Just a quick note on the need to quote variables. Say you write mkdir -p $base_dir, without the quotes. Everything will be fine, unless the base_dir variable contains a string with a space character in it:

base_dir="build/some build/test"
mkdir -p $base_dir

Bash splits the string and interprets the mkdir command as follows:

mkdir -p "build/some" "build/test"

And this creates both build/some and build/test directories, not what we might have expected. To make sure that Bash considers base_dir as one argument, simply quote it.

Conclusion

I hope you've learned a few things about Bash and Bash functions. when I'm a bit further down the road I'll make sure to share more findings here.
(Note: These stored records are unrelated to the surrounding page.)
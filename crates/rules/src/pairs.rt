// The pairs of rules that overlap, by earlier, then later place.

ghost use Rattle.std.specs.Prelude.{◌≡◌, ◌+◌, ◌<◌, ◌^◌, max};
ghost use Rattle.rules.specs.TableStands.{LaterTold, OfTable, PairTold, places_meet};

use crate::overlaps::rules_meet;
use crate::table::{AT_ITEMS, RuleTable};

#[derive(Clone, Copy)]
pub struct PairPlaces {
    pub earlier: usize,
    pub later: usize,
}

impl RuleTable<'_> {
    // The rules at two places overlap.
    fn places_meet(&self, earlier: usize, later: usize) -> bool
        requires { (earlier < self.now.count) × (later < self.now.count) }
        ensures { OfTable self.now.bytes.now (λ rs. result ≡ places_meet rs earlier later) }
    {
        let first_end = self.starts[earlier + 1];
        let second_end = self.starts[later + 1];
        let first = self.starts[earlier] + AT_ITEMS;
        let second = self.starts[later] + AT_ITEMS;
        rules_meet(self.bytes, first, first_end, second, second_end)
    }

    // The first place from `from` on whose rule overlaps that at place `earlier`.
    fn first_later(&self, earlier: usize, from: usize) -> Option<usize>
        requires { earlier < self.now.count }
        ensures { OfTable self.now.bytes.now (λ rs. LaterTold rs earlier from self.now.count result) }
    {
        for later in from..self.count {
            if self.places_meet(earlier, later) {
                return Some(later);
            }
        }
        None
    }

    // The first pair that comes after the pair of places handed in, which need be none.
    pub fn next_pair(&self, earlier: usize, later: usize) -> Option<PairPlaces>
        requires { later < 2 ^ 32 }
        ensures { OfTable self.now.bytes.now (λ rs. PairTold rs earlier later result) }
    {
        let mut from = later + 1;
        for i in earlier..self.count {
            let begin = (i + 1).max(from);
            let found = self.first_later(i, begin);
            if let Some(j) = found {
                return Some(PairPlaces {
                    earlier: i,
                    later: j,
                });
            }
            from = 0;
        }
        None
    }
}
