// Whether two rules overlap, and the sequence that is shown.

ghost use Rattle.std.specs.Prelude.{◌≡◌, ◌≤◌, length};
ghost use Rattle.rules.specs.Meeting.{agree, rules_meet};
ghost use Rattle.rules.specs.ItemsStand.{OfItem, OfRules, SomeItem, SomeRule, counts};

use crate::items::{ANY, REST, item_end};
use rows::bytes::same_bytes;

// An item that counts stands at a byte offset of a record that ends at `end`.
pub fn item_counts(table: &[u8], end: usize, at: usize) -> bool
    requires { end ≤ length table.now }
    ensures { result ≡ counts table.now end at }
{
    if end <= at {
        return false;
    }
    table[at] != REST
}

// The items that stand at two byte offsets take some node both.
fn items_agree(table: &[u8], first: usize, second: usize) -> bool
    requires { SomeItem table.now first × SomeItem table.now second }
    ensures { OfItem table.now first (λ i _. OfItem table.now second (λ j _. result ≡ agree i j)) }
{
    let first_end = item_end(table, first);
    let second_end = item_end(table, second);
    if table[first] == ANY {
        return true;
    }
    if table[second] == ANY {
        return true;
    }
    same_bytes(&table[first..first_end], &table[second..second_end])
}

// The rules whose items stand at two byte offsets, up to the ends of their records, overlap.
pub fn rules_meet(
    table: &[u8],
    first: usize,
    first_end: usize,
    second: usize,
    second_end: usize,
) -> bool
    requires { SomeRule table.now first_end first × SomeRule table.now second_end second }
    ensures { OfRules table.now first_end first second_end second (λ p q. result ≡ rules_meet p q) }
{
    let mut x = first;
    let mut y = second;
    while item_counts(table, first_end, x) {
        if !item_counts(table, second_end, y) {
            return y < second_end;
        }
        if !items_agree(table, x, y) {
            return false;
        }
        x = item_end(table, x);
        y = item_end(table, y);
    }
    if x < first_end {
        return true;
    }
    !item_counts(table, second_end, y)
}
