// A rule's items, in the bytes of a table.

ghost use Rattle.std.specs.Prelude.{◌≡◌, Bool, ◌≤◌, ◌<◌, length};
ghost use Rattle.rules.specs.RuleTable.{item_at, kind_item, word_item};
ghost use Rattle.rules.specs.ItemsStand.{item_read, OfItem, SomeItem};

use rows::kinds::END;
use rows::token::is_word;

// An item's first byte: numbers, and no enum, since `same_bytes` compares two items as they stand in the table that a caller hands over.
pub const WORD: u8 = 0;

pub const KIND: u8 = 1;

pub const GROUP: u8 = 2;

pub const LIST: u8 = 3;

pub const ANY: u8 = 4;

pub const REST: u8 = 5;

// Behind an item's byte and the length of its word, or its kind.
pub const AFTER_TWO: usize = 2;

// Where the word item at a byte offset of a record that ends at `end` ends, if it counts.
fn word_item(table: &[u8], end: usize, at: usize) -> Option<usize>
    requires { (at < end) × (end ≤ length table.now) }
    ensures { result ≡ item_read (word_item table.now end at) }
{
    if end - at < AFTER_TWO {
        return None;
    }
    let from = at + AFTER_TWO;
    let size = usize::from(table[at + 1]);
    if end - from < size {
        return None;
    }
    if size == 0 {
        return None;
    }
    let next = from + size;
    if is_word(&table[from..next]) {
        return Some(next);
    }
    None
}

// The same of a kind item.
fn kind_item(table: &[u8], end: usize, at: usize) -> Option<usize>
    requires { (at < end) × (end ≤ length table.now) }
    ensures { result ≡ item_read (kind_item table.now end at) }
{
    if end - at < AFTER_TWO {
        return None;
    }
    let kind = table[at + 1];
    if kind == 0 {
        return None;
    }
    if END < kind {
        return None;
    }
    Some(at + AFTER_TWO)
}

// Where the item at a byte offset of a record that ends at `end` ends, if it is one that counts.
pub fn item_at(table: &[u8], end: usize, at: usize) -> Option<usize>
    requires { (at < end) × (end ≤ length table.now) }
    ensures { result ≡ item_read (item_at table.now end at) }
{
    let byte = table[at];
    if byte == WORD {
        return word_item(table, end, at);
    }
    if byte == KIND {
        return kind_item(table, end, at);
    }
    if byte <= ANY {
        return Some(at + 1);
    }
    None
}

// Where the item that stands at a byte offset ends.
pub fn item_end(table: &[u8], at: usize) -> usize
    requires { SomeItem table.now at }
    ensures { OfItem table.now at (λ i next. result ≡ next) }
{
    let byte = table[at];
    if byte == WORD {
        return at + AFTER_TWO + usize::from(table[at + 1]);
    }
    if byte == KIND {
        return at + AFTER_TWO;
    }
    at + 1
}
Also:

Bash Bash
Comments
This website uses MailComments: you can send your comments to this post by email. Read more about MailComments, including suggestions for writing your comments (in HTML or Markdown).
Bruce Weirdan

And how would you *use* those two functions? create* does not return the dir name, and random_name returns different name on each call. So caller doesn't have a way to actually get the dir name created, so they cannot use it.

That's probably bad example to carry your point across. Unfortunately you've took pretty reasonable (apart from the global variable part, and missing trap) *resource acquisition* function, and made it bad resource acquisition function, vulnerable to race conditions. And, as you noted yourself, you didn't get referential transparency either.

mktemp is there for a reason, you cannot replicate it that easily. It guaranties that the directory was created (and not merely existed before), thus preventing race conditions. It also sets permissions appropriate for a temporary dir/file.

Matthias Noback

Thanks for some interesting insights. I was hoping to explain some things I learned about Bash programming, but I totally understand that I overlooked some big issues here. Besides from it just being a plain mistake that create_temporary_directory shouldn't ask for a random name itself.